To form a solution, there are three processes:

1. Separation of solute molecules, overcoming the attraction forces between solvent molecules, this requires energy input. (Enthalpy greater than zero)
2. Separation of solvent molecules, overcoming the attraction forces between solvent molecules, this also requires energy input. (Therefore, enthalpy greater than zero.)
3. Formation of nteractions between solute molecules and solvent molecules

Let’s give symbols for the energy changes of the each step mention above:

ΔH₁ – for separation of solute molecules (ΔH₁ > 0, absorbs heat/energy)

ΔH₂ – for separation of solvent molecules (ΔH2 > 0, absorbs heat/energy)

ΔH₃ – for formation of interactions between solute molecules and solvent molecules (ΔH₃ < 0, releases heat/energy)

So the total enthalpy change is: ΔH = ΔH₁ + ΔH₂ + ΔH₃

 

When will addition of solute to solvent be accompanied by cooling then?

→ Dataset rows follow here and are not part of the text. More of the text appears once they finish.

// The bytes of a line of the listing.
#![tactic(auto)]

pub mod inner;

// The numbers that a line shows, as counts.
#[derive(Clone, Copy)]
pub struct Moment {
    pub year: u64,
    pub month: u64,
    pub day: u64,
    pub hour: u64,
    pub minute: u64,
    pub second: u64,
    pub millisecond: u64,
}
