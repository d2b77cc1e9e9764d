// The bits of a line, read on from a piece and made plain into the caller's buffer.
//
// The contracts cite `specs/Reading.antt`, over the definitions of `reader_bits`; whole bytes are in `line_bytes`. All functions are inner: the call of the crate
// `reader` refuses instead.
#![tactic(auto)]

ghost use Rattle.std.specs.Prelude.{◌≡◌, ◌<◌, ◌^◌, ◌%◌};
ghost use Rattle.line_bytes.specs.Spans.{FillIn};
ghost use Rattle.line_bits.specs.Reading.{FilledOk};

use formats::Format;
use line_bytes::whole_bytes;
use scramble::Register;

// Inner. The n low bits.
fn low(byte: u8, n: u8) -> u8
    requires { n < 8 }
    ensures { result ≡ byte % 2 ^ n }
{
    byte & ((1u8 << n) - 1)
}

// Inner. What reading a line gives: complete, with the bytes taken and the unread bits of the last; or in part, with all
// bytes taken. Both carry values and neither is an error: so no Option, and no Result.
#[derive(Clone, Copy, Debug, PartialEq, Eq)]
pub enum Filled {
    Whole {
        taken: usize,
        left: u8,
        bits: u8,
    },
    Part {
        place: usize,
        register: u16,
        waiting: u8,
    },
}

// Inner. The bits of a line: left0 low bits of byte0, then the piece from at0 on, made plain into the buffer. A byte of the
// buffer changes only once its eight bits are in. It leaves at the line's last bit, or with the piece used up. Whole bytes go at once
// where no bits wait; bits that wait at entry, the line's last byte and the end of the piece go bit by bit.
pub fn fill(
    piece: &[u8],
    at0: usize,
    left0: u8,
    byte0: u8,
    place0: usize,
    register0: u16,
    waiting0: u8,
    line: &mut [u8],
) -> Filled
    requires { FillIn piece.now at0 left0 place0 register0 waiting0 line.old }
    ensures { FilledOk piece.now at0 left0 byte0 place0 register0 waiting0 line.old line.new result }
{
    let begun = whole_bytes(piece, at0, left0, byte0, place0, register0, line);
    let mut at = begun.taken;
    let mut left = left0;
    let mut byte = begun.byte;
    let mut place = begun.place;
    let mut register = begun.register;
    let mut waiting = waiting0;
    // no `for` over the piece: `whole_bytes` takes many of its bytes in the middle of one
    loop {
        // counted down by hand: what is left of a byte is part of the answer, and is put back to eight at each byte that is read
        while left > 0 {
            left -= 1;
            let b = (byte >> left) & 1;
            let plain = scramble::mix_bit(place, Register { bits: register }, b);
            let next = plain.next;
            let w = waiting * 2 + plain.bit;
            if place % 8 == 7 {
                line[place / 8] = w;
                if place == Format::INFORMATION_BITS - 1 {
                    return Filled::Whole {
                        taken: at,
                        left,
                        bits: low(byte, left),
                    };
                }
                let span = whole_bytes(piece, at, left, byte, place + 1, next.bits, line);
                at = span.taken;
                byte = span.byte;
                place = span.place;
                register = span.register;
                waiting = 0;
            } else {
                place += 1;
                register = next.bits;
                waiting = w;
            }
        }
        if at == piece.len() {
            return Filled::Part {
                place,
                register,
                waiting,
            };
        }
        byte = piece[at];
        at += 1;
        left = 8;
    }
}
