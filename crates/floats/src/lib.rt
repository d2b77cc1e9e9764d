// The numbers R*n.m of the documentation fields in f64.
//
// The contracts cite `specs/Floats.antt` (`ReadF64Ok`). It gives the paper's number of the answer and its value, for every input;
// refusals are those of `read_real` in `numbers`.
//
// No public function has a `requires`, but those marked "Inner.", which the crates above use.
#![tactic(auto)]

ghost use Rattle.std.specs.Prelude.{◌≡◌, ◌^◌, ◌<◌};
ghost use Rattle.floats.specs.Floats.{Fits, FitsIn, value_of, as_float, ReadF64Ok};

use numbers::{R, read_real};
use refusals::Refusal;

// The powers of ten 0 to 15, the divisors of R numbers; listed, so that the edit power_wrong can put one entry wrong.
const POWERS: [u64; 16] = [
    1,
    10,
    100,
    1000,
    10000,
    100000,
    1000000,
    10000000,
    100000000,
    1000000000,
    10000000000,
    100000000000,
    1000000000000,
    10000000000000,
    100000000000000,
    1000000000000000,
];

// A power of ten out of the table.
fn power(m: u8) -> u64
    requires { m < 16 }
    ensures { result ≡ 10 ^ m }
{
    POWERS[m as usize]
}

// Inner. An R number in f64: one division of two whole numbers that f64 holds exactly, so one rounding; sign last, on a zero
// too.
#[tactic(auto, unfolding(crate::specs::Floats::value_of))]
pub fn value(r: R) -> f64
    requires { Fits r }
    ensures { result ≡ value_of r }
{
    let magnitude = r.magnitude;
    let p = power(r.places);
    let q = (magnitude as f64) / (p as f64);
    if r.negative { -q } else { q }
}

// Inner. An answer in f64; a refusal stays the refusal that it is.
#[tactic(auto, unfolding(crate::specs::Floats::FitsIn, crate::specs::Floats::as_float))]
pub fn as_float(r: Result<R, Refusal>) -> Result<f64, Refusal>
    requires { FitsIn r }
    ensures { result ≡ as_float r }
{
    Ok(value(r?))
}

// R*n.m in f64, refused as `read_real` refuses.
#[tactic(auto, using(refusals::proofs::Numbers::answers_err, crate::proofs::Fitting::read_fits, crate::proofs::Fitting::float_answers))]
pub fn read_f64(bytes: &[u8], n: usize, m: u8) -> Result<f64, Refusal>
    ensures { ReadF64Ok n m bytes.now result }
{
    Ok(value(read_real(bytes, n, m)?))
}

Answer is, when ΔH₁ + ΔH₂ + ΔH₃ is > 0, because cooling means total enthalpy > 0. Therefore Absolute value of ΔH₃   < Absolute value of (ΔH₁ + ΔH₂₎ (remember ΔH₁ + ΔH₂    is always positive, so if the solution formation is ended up with cooling, total enthalpy is greater than zero for the reason of having greater absolute value of (ΔH₁ + ΔH₂ ).

When will addition of solute to solvent be accompanied by getting hotter then?

Answer is, when ΔH₁ + ΔH₂ + ΔH₃ is < 0, because hotter means total enthalpy < 0. Therefore Absolute value of ΔH₃   > Absolute value of (ΔH₁ + ΔH₂₎ (remember ΔH₃ is always negative, so if the solution formation is ended up with getting hotter, total enthalpy is less than zero for the reason of having greater absolute value of ΔH₃.